A mim bloquearam-me à entrada, ia eu toda lampeira com a Adelaide ao colo dar um pouco de conforto à Giulia. "Leve essa criatura daqui para fora imediatamente" grasnou uma enfermeira neurasténica. "A lei estipula que crianças com menos de 12 anos não podem entrar nos hospitais, tem que esperar na rua". "É uma lei italiana?" perguntei eu boquiaberta, sem saber como reagir. "Porquê, no seu país não é assim?" - fez-me como se Portugal fosse terceiromundista... Vexada e de orelha murcha estive uma hora no parque de estacionamento com a "criatura" adormecida ao colo. E ponho-me a pensar que o risco de infecções é uma resposta demasiado fácil para esta suposta lei. Os doentes aqui são tratados como prisioneiros, se não receberem visitas ainda melhor. De vez em quando lá há um que se suicida, tipicamente um velho esquecido - que chatice a má publicidade que dá mas é considerado dano colateral, visto que não mudam os procedimentos. Entretanto entram mais alguns familiares, alguns com crianças pequenas. E ninguém os põe na rua. Raios, pensei, há qualquer coisa que não bate certo aqui. Mas prefiro não fazer ondas, não vá a enfermeira penalizar ainda mais a Giulia. Tal como numa prisão.
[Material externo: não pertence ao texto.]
ghost use Rattle.std.specs.Prelude.{◌≡◌, ◌++◌, ◌∷◌, ◌+◌, ◌+ℤ◌, ◌*◌, ◌*ℤ◌, ◌^◌, ◌<◌, ◌≤◌, ℕ, [], List, length, nat_abs, pos, reverse, slice_get, Ok, Err, None, Some, IfErr, IfOk, IfSome, IsSome, OnOk};
ghost use Rattle.std.specs.List.{AllByRecursion, flat_map};
ghost use Rattle.eds_base.specs.declared.fault.Reason.TheVariants.{Short};
ghost use Rattle.eds_bits.specs.Reader.{bits_left};
ghost use Rattle.eds_types.specs.Failing.{fault_at};
ghost use Rattle.eds_types.specs.Fields.{value_at};
ghost use Rattle.eds_types.specs.Plain.{Plain, bits as binary};
ghost use Rattle.eds_types.specs.Reading.{front, number_is, read_tail as tail_read, tail_room, read_within, read_kind, read_items as items_read, read_part as part_read, read_entry as entry_read, read_parts as parts_read, read_chain as chain_read, read_under as under_read, ended, read_to_end};
ghost use Rattle.eds_types.specs.Rows.{Placed, chain as chain_of, numbers_of, placed_entries, placed_from, placed_trailers};
ghost use Rattle.eds_types.specs.declared.row.Part.{Part as Piece};
ghost use Rattle.eds_types.specs.Spelling.{Progress, started, with_value};
ghost use Rattle.eds_unpack.specs.Answers.{IsOfReading};
ghost use Rattle.eds_unpack.specs.Asked.{asked};
ghost use Rattle.eds_unpack.specs.Courses.{MovesOn};
ghost use Rattle.eds_unpack.specs.Entries.{IsInner, IsLow, PartIsRead, placed};
ghost use Rattle.eds_unpack.specs.Noted.{KeepsOuter};
ghost use Rattle.eds_unpack.specs.Walks.{Ended, Goes, IsAt, IsFront, IsNotedField, IsPassed, IsTold, IsWalking, Stands};
ghost use Rattle.eds_overlap.specs.Common.{each_once};

use crate::choice::Next;
use crate::chosen::next_noted;
use crate::noted::{check_noted, count_noted, note_field};
use crate::notes::Notes;
use crate::progress::{bits_between, is_told_size};
use crate::segments::Segments;
use crate::skim::{
    skim_fixed, skim_integer, skim_label, skim_octets, skim_padding, skim_text, skim_truth,
};
use crate::sum::sum_of;
use crate::tail::{open_bits, tail_octets_left, tell_length};
use crate::told::told_octets;
use eds_base::{Path, Reason, Step, TypeId};
use eds_bits::BitReader;
use eds_types::{Kind, Part, TypeRow, TypeTable};

/// What values are passed over by: the table, the segments of its containers, the paths that are asked for, and how many types
/// are nested in each other at most.
#[derive(Drop)]
pub(crate) struct Walk<'a> {
    pub table: &'a TypeTable,
    pub segments: &'a Segments<'a>,
    pub notes: &'a Notes,
    pub depth: u32,
    pub ghost right: { segments.now ≡ table.now },
}

/// What is seen of a value: its most derived container, or its type where it is none, and its number, where it has one.
#[derive(Clone, Copy)]
pub(crate) struct Seen {
    pub found: TypeId,
    pub number: Option<i128>,
}

/// How far the walk over a container has come: how many octets the length entry tells, and a reader before the container's
/// first bit.
#[derive(Clone, Copy)]
pub(crate) struct Walked<'a> {
    pub octets: Option<i128>,
    pub start: BitReader<'a>,
}

/// The most containers of a chain.
const CHAIN: usize = 16;

/// Passes over the value of a type.
#[cycle(walk)]
pub(crate) fn walk_value(
    walk: &Walk<'_>,
    id: TypeId,
    numbers: &mut [Option<i128>],
    path: &mut Path,
    reader: &mut BitReader,
) -> Result<Seen, Reason>
    requires notes { walk.now.notes.now ≡ each_once (asked walk.now.table.now) }
    requires room { length walk.now.notes.now ≤ length numbers.old }
    requires inner { IsInner walk.now.table.now walk.now.depth id.0 }
    requires few { walk.now.depth ≤ 32 }
    requires short { length (bits_left reader.old) ≤ 524288 }
    requires root { path.old ≡ [] }
    ensures passed { IfOk result (IsPassed walk.now.table.now walk.now.notes.now id.0 numbers.new (read_within walk.now.depth walk.now.table.now id.0 (bits_left reader.old)) (bits_left reader.new)) }
    ensures fault { IfErr result (λ r. read_within walk.now.depth walk.now.table.now id.0 (bits_left reader.old) ≡ Err (fault_at r path.new)) }
    ensures outer { KeepsOuter walk.now.table.now walk.now.notes.now id.0 numbers.old numbers.new }
    ensures near { length path.new ≤ 2 * walk.now.depth }
    ensures calm { OnOk result (path.new ≡ []) }
    ensures reason { IfErr result IsOfReading }
{
    let inner = Walk {
        table: walk.table,
        segments: walk.segments,
        notes: walk.notes,
        depth: walk.depth - 1,
    };
    walk_row(&inner, id, walk.table.row(id), numbers, path, reader)
}

/// Passes over the value of the type in a row, where so many types are nested in it at most.
#[cycle(walk)]
fn walk_row(
    walk: &Walk<'_>,
    id: TypeId,
    row: &TypeRow,
    numbers: &mut [Option<i128>],
    path: &mut Path,
    reader: &mut BitReader,
) -> Result<Seen, Reason>
    requires notes { walk.now.notes.now ≡ each_once (asked walk.now.table.now) }
    requires room { length walk.now.notes.now ≤ length numbers.old }
    requires inner { IsLow walk.now.table.now (walk.now.depth + 1) id.0 }
    requires known { slice_get walk.now.table.now id.0 ≡ Some row.now }
    requires few { walk.now.depth < 32 }
    requires short { length (bits_left reader.old) ≤ 524288 }
    requires root { path.old ≡ [] }
    ensures passed { IfOk result (IsPassed walk.now.table.now walk.now.notes.now id.0 numbers.new (read_kind walk.now.table.now (read_within walk.now.depth walk.now.table.now) id.0 row.now.kind (bits_left reader.old)) (bits_left reader.new)) }
    ensures fault { IfErr result (λ r. read_kind walk.now.table.now (read_within walk.now.depth walk.now.table.now) id.0 row.now.kind (bits_left reader.old) ≡ Err (fault_at r path.new)) }
    ensures outer { KeepsOuter walk.now.table.now walk.now.notes.now id.0 numbers.old numbers.new }
    ensures near { length path.new ≤ 2 * walk.now.depth + 2 }
    ensures calm { OnOk result (path.new ≡ []) }
    ensures reason { IfErr result IsOfReading }
{
    walk.table.keeps_rules();
    let number = match &row.kind {
        Kind::Int(form, spans) => Some(skim_integer(*form, spans, reader)?),
        Kind::Enum(form, listing) => Some(skim_label(*form, listing, reader)?),
        Kind::Bool(form) => Some(i128::from(skim_truth(*form, reader)?)),
        Kind::Str(form) => {
            skim_text(*form, reader)?;
            None
        }
        Kind::Bin(bits, _) => {
            skim_octets(*bits, reader)?;
            None
        }
        Kind::Arr(item, count) => {
            walk_items(walk, *item, u128::from(*count), numbers, path, reader)?;
            None
        }
        Kind::Con(_) => return walk_container(walk, id, numbers, path, reader),
    };
    Ok(Seen { found: id, number })
}

/// Passes over so many items of a type.
#[cycle(walk)]
#[tactic(auto, unfolding(eds_types::specs::Reading::read_items))]
fn walk_items(
    walk: &Walk<'_>,
    id: TypeId,
    count: u128,
    numbers: &mut [Option<i128>],
    path: &mut Path,
    reader: &mut BitReader,
) -> Result<(), Reason>
    requires notes { walk.now.notes.now ≡ each_once (asked walk.now.table.now) }
    requires room { length walk.now.notes.now ≤ length numbers.old }
    requires inner { IsInner walk.now.table.now walk.now.depth id.0 }
    requires few { walk.now.depth < 32 }
    requires short { length (bits_left reader.old) ≤ 524288 }
    requires root { path.old ≡ [] }
    ensures passed { OnOk result ((vs : List Plain) × (items_read (read_within walk.now.depth walk.now.table.now id.0) count 0 (bits_left reader.old) ≡ Ok (vs, bits_left reader.new))) }
    ensures fault { IfErr result (λ r. items_read (read_within walk.now.depth walk.now.table.now id.0) count 0 (bits_left reader.old) ≡ Err (fault_at r path.new)) }
    ensures outer { KeepsOuter walk.now.table.now walk.now.notes.now id.0 numbers.old numbers.new }
    ensures near { length path.new ≤ 2 * walk.now.depth + 1 }
    ensures calm { OnOk result (path.new ≡ []) }
    ensures reason { IfErr result IsOfReading }
{
    let mut place: u32 = 0;
    while u128::from(place) < count {
        let left = reader.left();
        if let Err(reason) = walk_value(walk, id, numbers, path, reader) {
            path.put_first(Step::Item(place));
            return Err(reason);
        }
        if reader.left() == left {
            // All further ones are the same, of no bits.
            return Ok(());
        }
        place += 1;
    }
    Ok(())
}

/// Keeps how many octets a length entry with this number tells.
fn keep_octets(
    walked: &mut Walked<'_>,
    c0: &i64,
    c1: &i64,
    number: Option<i128>,
) -> Result<(), Reason>
    requires offset { nat_abs c0.now ≤ 2 ^ 32 }
    requires factor { nat_abs c1.now ≤ 2 ^ 32 }
    requires number { IfSome number (λ n. nat_abs n ≤ 2 ^ 64) }
    ensures told { OnOk result (IfSome number (λ n. walked.new.octets ≡ Some (c0.now +ℤ (c1.now *ℤ n)))) }
    ensures few { OnOk result (IfSome walked.new.octets (λ n. nat_abs n ≤ 2 ^ 97)) }
    ensures some { OnOk result (IsSome number) }
    ensures start { walked.new.start ≡ walked.old.start }
    ensures none { IfErr result (λ r. (number ≡ None) × (r ≡ Short)) }
{
    let offset = *c0;
    let factor = *c1;
    match number {
        Some(number) => {
            walked.octets = Some(told_octets(offset, factor, number));
            Ok(())
        }
        None => Err(Reason::Short),
    }
}

/// Whether the number of an error control is a sum.
fn is_sum(number: Option<i128>, sum: u64) -> bool
    ensures { result ≡ number_is number (pos sum) }
{
    match number {
        Some(number) => number == i128::from(sum),
        None => false,
    }
}

/// Passes over a part of a container that is no tail, and notes what is asked for of it.
#[cycle(walk)]
fn walk_part(
    walk: &Walk<'_>,
    container: TypeId,
    place: u16,
    part: &Part,
    walked: &mut Walked<'_>,
    numbers: &mut [Option<i128>],
    path: &mut Path,
    reader: &mut BitReader,
) -> Result<(), Reason>
    requires notes { walk.now.notes.now ≡ each_once (asked walk.now.table.now) }
    requires room { length walk.now.notes.now ≤ length numbers.old }
    requires low { IsLow walk.now.table.now (walk.now.depth + 1) container.0 }
    requires inner { PartIsRead walk.now.table.now walk.now.depth part.now }
    requires stands { Stands walk.now.table.now (placed container.0 place part.now) }
    requires few { walk.now.depth < 32 }
    requires begun { IsWalking walked.old (bits_left reader.old) }
    requires short { length (bits_left walked.old.start) ≤ 524288 }
    requires root { path.old ≡ [] }
    ensures passed { OnOk result ((done : List Placed) (s : Progress) → IsAt walk.now.table.now walk.now.notes.now container.0 walked.old numbers.old (bits_left reader.old) done s → value_at s.fields container.0 place ≡ None → IsTold s.fields part.now → Goes walk.now.table.now walk.now.notes.now container.0 walked.new numbers.new (bits_left reader.new) (done ++ placed container.0 place part.now ∷ []) (part_read walk.now.table.now (read_within walk.now.depth walk.now.table.now) s (placed container.0 place part.now) part.now (bits_left reader.old))) }
    ensures fault { IfErr result (λ r. (done : List Placed) (s : Progress) → IsAt walk.now.table.now walk.now.notes.now container.0 walked.old numbers.old (bits_left reader.old) done s → value_at s.fields container.0 place ≡ None → IsTold s.fields part.now → part_read walk.now.table.now (read_within walk.now.depth walk.now.table.now) s (placed container.0 place part.now) part.now (bits_left reader.old) ≡ Err (fault_at r path.new)) }
    ensures begun { OnOk result (IsWalking walked.new (bits_left reader.new)) }
    ensures start { walked.new.start ≡ walked.old.start }
    ensures outer { KeepsOuter walk.now.table.now walk.now.notes.now container.0 numbers.old numbers.new }
    ensures near { length path.new ≤ 2 * walk.now.depth + 1 }
    ensures calm { OnOk result (path.new ≡ []) }
    ensures reason { IfErr result IsOfReading }
{
    match part {
        Part::Plain(_, id) => {
            let seen = walk_value(walk, *id, numbers, path, reader)?;
            note_field(walk.notes, numbers, container, place, seen.number);
            Ok(())
        }
        Part::Fixed(_, id, fixed) => {
            walk.table.keeps_rules();
            skim_fixed(walk.table.row(*id), fixed, reader)
        }
        Part::Pad(bits) => skim_padding(*bits, reader),
        Part::List(_, id, teller, told) => {
            let count = count_noted(walk.notes, numbers, *teller, *told);
            walk_items(walk, *id, count, numbers, path, reader)
        }
        Part::Length(_, id, c0, c1) => {
            let seen = walk_value(walk, *id, numbers, path, reader)?;
            keep_octets(walked, c0, c1, seen.number)
        }
        Part::Check(_, id, check) => {
            let sum = sum_of(*check, &walked.start, reader);
            let seen = walk_value(walk, *id, numbers, path, reader)?;
            if is_sum(seen.number, sum) {
                Ok(())
            } else {
                Err(Reason::CheckDiffers)
            }
        }
    }
}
Voltei para casa com vontade de encher a Adelaide  de beijinhos e festinhas. Afinal a humilhação não foi só minha. A Giulia telefonou-me a chorar. A Cláudia vai escrever um conto sobre este triste episódio. Ligo o computador e vou à internet para me informar sobre a maldita lei. E afinal o que a lei diz, textualmente, é que crianças com idade inferior a 12 anos só podem entrar no hospital acompanhadas por um adulto. Raios partam a prepotência do estupor da enfermeira. Merecia um bom bofetão (dado anonimamente, que é para depois não poder descarregar na Giulia).
Quanto tempo ainda terá que passar para que os curadores de doenças se transformem em curadores de pessoas?